(Source material Opens)

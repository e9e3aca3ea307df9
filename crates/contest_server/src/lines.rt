ghost use Rattle.std.specs.Prelude.{◌≡◌, ◌++◌, OnOk};
ghost use Rattle.contest_server.specs.Visits.{how_word, conn_line};
ghost use Rattle.contest_server.specs.Texts.{PutsText, HasCauseTold};

use farm_api::{ConnEnd, ConnHow};
use farm_io::{PutEnd, Sink};
use farm_kinds::NoMemory;
use std::alloc::Global;

/// Why a text was not written whole.
#[derive(Clone, Copy, Debug, PartialEq, Eq)]
pub(crate) enum TextFault {
    WriteFault,
    NoMemory,
}

/// The word that a line has for the end of a connection.
fn how_word(how: ConnHow) -> &'static str
    ensures { result.now ≡ how_word how }
{
    match how {
        ConnHow::End => "end",
        ConnHow::Closed => "closed",
        ConnHow::Cut => "cut",
        ConnHow::BadRequest => "bad-request",
        ConnHow::ReadFault => "read-fault",
        ConnHow::WriteFault => "write-fault",
        ConnHow::InputLimit => "input-limit",
        ConnHow::NoMemory => "memory",
    }
}

/// Puts the line of a connection behind what is there.
fn push_conn_line(
    alloc: Global,
    text: &mut Vec<u8>,
    number: u64,
    end: ConnEnd,
) -> Result<(), NoMemory>
    ensures { OnOk result (text.new.items ≡ text.old.items ++ conn_line number end.requests end.how) }
{
    let ConnEnd { requests, how } = end;
    let word = how_word(how);
    let line = format!(in alloc; "conn {number} requests {requests} {word}\n")?;
    text.extend_from_slice(line.as_bytes())?;
    Ok(())
}

/// Puts a text.
pub(crate) fn put_text<K: Sink>(out: &mut K, text: &[u8]) -> Result<(), TextFault>
    ensures puts { PutsText (K.held out.old) (K.held out.new) text.now result }
    ensures cause { HasCauseTold (K.faults out.old) (K.faults out.new) result }
{
    match out.put(text) {
        PutEnd::Done => Ok(()),
        PutEnd::Failed => Err(TextFault::WriteFault),
    }
}

/// Writes the line of a connection.
pub(crate) fn write_line<K: Sink>(
    alloc: Global,
    out: &mut K,
    number: u64,
    end: ConnEnd,
) -> Result<(), TextFault>
    ensures puts { PutsText (K.held out.old) (K.held out.new) (conn_line number end.requests end.how) result }
    ensures cause { HasCauseTold (K.faults out.old) (K.faults out.new) result }
{
    let mut text = Vec::new(alloc);
    if push_conn_line(alloc, &mut text, number, end).is_err() {
        return Err(TextFault::NoMemory);
    }
    put_text(out, text.as_slice())
}
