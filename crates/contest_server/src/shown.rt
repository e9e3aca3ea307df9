ghost use Rattle.std.specs.Prelude.{◌≡◌, map, IfOk};
ghost use Rattle.contest_folder.specs.declared.roster.Problem.{Problem};
ghost use Rattle.contest_folder.specs.JudgingCases.{case_at};
ghost use Rattle.contest_server.specs.Contest.{entry_of, view_of};

use case_run::{Case, Cases};
use contest_folder::Roster;
use contest_page::{ContestView, Shows, SubmissionRow};
use farm_kinds::{Name, NoMemory, Task};
use std::alloc::{AllocError, Global};

/// A contest, and the names of it that anybody is shown.
#[derive(Drop)]
pub(crate) struct Shown<'r> {
    roster: &'r Roster,
    view: ContestView,
}

impl<'r> Cases for Shown<'r> {
    ghost case_at = { λ shown task. case_at shown.roster.now task };

    fn case_of(&self, task: Task) -> Option<Case<'_>> {
        self.roster.case_of(task)
    }
}

impl<'r> Shows for Shown<'r> {
    ghost shown = { λ shown. shown.view };

    fn view(&self) -> &ContestView {
        &self.view
    }
}

impl<'r> Shown<'r> {
    /// A contest with its names.
    pub fn of(alloc: Global, roster: &'r Roster) -> Result<Shown<'r>, NoMemory>
        ensures roster { IfOk result (λ shown. shown.roster.now ≡ roster.now) }
        ensures view { IfOk result (λ shown. shown.view ≡ view_of roster.now) }
    {
        let problems = problem_names(alloc, roster)?;
        let entries = entries_of(alloc, roster)?;
        let view = ContestView::new(alloc, problems, entries)?;
        Ok(Shown { roster, view })
    }
}

/// The names of the problems, in order.
#[tactic(auto, using(crate::proofs::Names::one_problem_more))]
fn problem_names(alloc: Global, roster: &Roster) -> Result<Vec<Name>, AllocError>
    ensures { IfOk result (λ names. names.items ≡ map (λ (problem : Problem). problem.name) roster.now.problems) }
{
    let mut names = Vec::new(alloc);
    for i in 0..roster.problems() {
        names.push(roster.problem(i + 1).name)?;
    }
    Ok(names)
}

/// Whose the submissions are and to which problems, in order.
#[tactic(auto, using(crate::proofs::Names::one_entry_more))]
fn entries_of(alloc: Global, roster: &Roster) -> Result<Vec<SubmissionRow>, AllocError>
    ensures { IfOk result (λ entries. entries.items ≡ map entry_of roster.now.submissions) }
{
    let mut entries = Vec::new(alloc);
    for i in 0..roster.submissions() {
        let submission = roster.submission(i + 1);
        entries.push(SubmissionRow {
            team: submission.team,
            problem: submission.problem,
        })?;
    }
    Ok(entries)
}
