ghost use Rattle.std.specs.Prelude.{◌≡◌, ◌≢◌, ◌<◌, [], List};
ghost use Rattle.std.specs.Bool.{OnTrue, OnFalse};
ghost use Rattle.farm_kinds.specs.declared.events.Event.{Event as EventValue};
ghost use Rattle.farm_board.specs.BoardState.{BoardState};
ghost use Rattle.farm_board.specs.Histories.{IsOpening};
ghost use Rattle.farm_api.specs.Exchanges.{around_of};
ghost use Rattle.contest_server.specs.Visits.{watch, on_board};
ghost use Rattle.contest_server.specs.Serving.{desk_value, IsOrderly, ServesLanes, HasCauseEnd};
ghost use Rattle.farm_board.specs.Passes.{PassValue};
ghost use Rattle.contest_server.specs.Beside.{HasSplit};
ghost use Rattle.contest_server.specs.Served.{HasServed, ShowsBoard, Finishes};

use crate::bell::Bell;
use crate::ends::ServeEnd;
use crate::lines::put_text;
use crate::public::Public;
use crate::service::{Ground, Service, Watches};
use crate::serving::{end_of, serve_lanes};
use case_run::Cases;
use command_text::push_reply;
use contest_page::Shows;
use farm_board::{Admission, Anyone, Board, Pass};
use farm_io::{Clock, Door, Sink};
use farm_kinds::{Event, Reply};
use judge_feed::Naming;
use std::alloc::Global;
use std::sync::Wait;
use std::thread;
use std::thread::Threads;

/// Serves at most `connections` connections, each by a worker of its own, and hands the pass back.
fn serve_in_scope<
    's,
    R: Threads + Wait + Sync,
    D: Door,
    K: Sink,
    A: Admission + Send + Sync,
    C: Clock + Sync,
    Q: Cases + Shows + Sync,
    J: Naming + Send + Sync,
>(
    service: &Service<'s, R, A, C, Q, J>,
    door: &mut D,
    out: &mut K,
    pass: Pass<A>,
    connections: u32,
) -> (Pass<A>, ServeEnd)
where
    D::Conn: Drop,
    requires named { service.now.board.now.id ≡ J.board }
    requires orderly { IsOrderly (⟦<Service<'s, R, A, C, Q, J> as Watches<D::Conn>>⟧.watched service.now) service.now.board.now.id
        (desk_value (D.state door.old) pass []) }
    requires some { 0 < service.now.most }
    requires seats { pass.spare ≡ service.now.most }
    ensures serves { ServesLanes (⟦<Service<'s, R, A, C, Q, J> as Watches<D::Conn>>⟧.watched service.now) service.now.board.now.id
        (desk_value (D.state door.old) pass [])
        (desk_value (D.state door.new) result.0 [])
        (K.held out.old) (K.held out.new) connections result.1 }
    ensures cause { HasCauseEnd (D.faults door.old) (D.faults door.new) (K.faults out.old) (K.faults out.new) result.1 }
{
    let (lent_door, lent_out, pass, end) = thread::scope(
        thread::scope_env(),
        service.rt,
        |scope| -> (&mut D, &mut K, Pass<A>, ServeEnd)
            requires orderly { IsOrderly (on_board J.start (Q.case_at service.now.cases.now) (Q.shown service.now.cases.now)
                (watch D.Conn.left D.Conn.held D.Conn.Source.faults D.Conn.Sink.faults
                (around_of (C.shows service.now.clock.now) D.Conn.Peer.asks)))
                service.now.board.now.id
                (desk_value (D.state door.now) pass []) }
            requires named { service.now.board.now.id ≡ J.board }
            requires some { 0 < service.now.most }
            requires seats { pass.spare ≡ service.now.most }
            ensures { (result.0.ghost_name ≡ door.entry.ghost_name) × (result.1.ghost_name ≡ out.entry.ghost_name)
                × ServesLanes (on_board J.start (Q.case_at service.entry.now.cases.now) (Q.shown service.entry.now.cases.now)
                (watch D.Conn.left D.Conn.held D.Conn.Source.faults D.Conn.Sink.faults
                (around_of (C.shows service.entry.now.clock.now) D.Conn.Peer.asks)))
                service.entry.now.board.now.id
                (desk_value (D.state door.entry.now) pass []) (desk_value (D.state result.0.now) result.2 [])
                (K.held out.entry.now) (K.held result.1.now) connections result.3
                × HasCauseEnd (D.faults door.entry.now) (D.faults result.0.now) (K.faults out.entry.now) (K.faults result.1.now) result.3 }
        {
            let mut pass = pass;
            let end = serve_lanes(service, scope, door, out, &mut pass, connections);
            (door, out, pass, end)
        },
    );
    let _ = lent_door;
    let _ = lent_out;
    (pass, end)
}

/// Whether all was done. For the proof alone: a function of its own, so that it is known which way was taken.
fn is_done(end: ServeEnd) -> bool
    ensures done { OnTrue result (end ≡ ServeEnd.Done) }
    ensures other { OnFalse result (end ≢ ServeEnd.Done) }
{
    matches!(end, ServeEnd::Done)
}

/// Asks for `board`, and writes its text.
fn show_board<W: Wait, K: Sink, A: Admission>(
    rt: &W,
    alloc: Global,
    board: &Board<Anyone, A>,
    pass: &mut Pass<A>,
    out: &mut K,
) -> ServeEnd
    requires board { pass.old.board ≡ board.now.id }
    requires left { 0 < pass.old.left }
    ensures shows { ShowsBoard pass.old pass.new (K.held out.old) (K.held out.new) (K.faults out.old) (K.faults out.new) result }
{
    let reply = board.step(rt, pass, &Event::Board);
    if matches!(reply, Reply::NoMemory) {
        return ServeEnd::NoMemory;
    }
    let mut text = Vec::new(alloc);
    if push_reply(&mut text, &reply).is_err() {
        return ServeEnd::NoMemory;
    }
    match put_text(out, text.as_slice()) {
        Ok(()) => ServeEnd::Done,
        Err(fault) => end_of(fault),
    }
}

/// Takes in the feed's pass, once all connections were served and so it ended, and behind their lines writes the text of
/// `board`.
fn finish<W: Wait, K: Sink, A: Admission>(
    rt: &W,
    alloc: Global,
    board: &Board<Anyone, A>,
    mut pass: Pass<A>,
    own: Pass<A>,
    end: ServeEnd,
    out: &mut K,
) -> ServeEnd
    requires board { (pass.board ≡ board.now.id) × (own.board ≡ board.now.id) }
    requires left { 1 < pass.left }
    ensures finishes { Finishes pass own (K.held out.old) (K.held out.new) (K.faults out.old) (K.faults out.new) end result }
{
    board.join(rt, &mut pass, own);
    if is_done(end) {
        return show_board(rt, alloc, board, &mut pass, out);
    }
    end
}

/// Serves at most `connections` connections on a board that the contest has entered, where what the public sees is
/// published, and writes their lines and behind them the text of `board`.
pub(crate) fn serve_board<
    R: Threads + Wait + Sync,
    D: Door,
    K: Sink,
    A: Admission + Send + Sync,
    C: Clock + Sync,
    Q: Cases + Shows + Sync,
    J: Naming + Send + Sync,
>(
    ground: &Ground<'_, R, A, C, Q>,
    public: Public<A, J>,
    door: &mut D,
    out: &mut K,
    pass: Pass<A>,
    connections: u32,
) -> ServeEnd
where
    D::Conn: Drop,
    requires named { ground.now.board.now.id ≡ J.board }
    requires orderly { IsOrderly (on_board J.start (Q.case_at ground.now.cases.now) (Q.shown ground.now.cases.now)
        (watch D.Conn.left D.Conn.held D.Conn.Source.faults D.Conn.Sink.faults (around_of (C.shows ground.now.clock.now) D.Conn.Peer.asks)))
        ground.now.board.now.id (desk_value (D.state door.old) pass []) }
    requires some { 0 < ground.now.most }
    requires seats { pass.spare ≡ ground.now.most }
    ensures served { (start : BoardState) (events : List EventValue) (own : PassValue) → IsOpening start → own.number ≡ J.number → HasSplit start events pass own
        → HasServed (on_board J.start (Q.case_at ground.now.cases.now) (Q.shown ground.now.cases.now)
        (watch D.Conn.left D.Conn.held D.Conn.Source.faults D.Conn.Sink.faults (around_of (C.shows ground.now.clock.now) D.Conn.Peer.asks)))
        start events (D.state door.old) (D.state door.new) (K.held out.old) (K.held out.new) connections result }
    ensures cause { HasCauseEnd (D.faults door.old) (D.faults door.new) (K.faults out.old) (K.faults out.new) result }
{
    let Ground {
        rt,
        alloc,
        paths,
        board,
        clock,
        cases,
        workers,
        most,
    } = *ground;
    let bell = Bell::new();
    let service = Service {
        rt,
        alloc,
        paths,
        board,
        clock,
        cases,
        public: &public,
        bell: &bell,
        workers,
        most,
    };
    let (pass, end) = serve_in_scope(&service, door, out, pass, connections);
    let own = public.end(rt);
    finish(rt, alloc, board, pass, own, end, out)
}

(Source material Closes)

The problem. The lines to show are those in the data above that include "spare".

Your solution.
    requires seats { pass.spare ≡ service.now.most }
            requires seats { pass.spare ≡ service.now.most }
    requires seats { pass.spare ≡ ground.now.most }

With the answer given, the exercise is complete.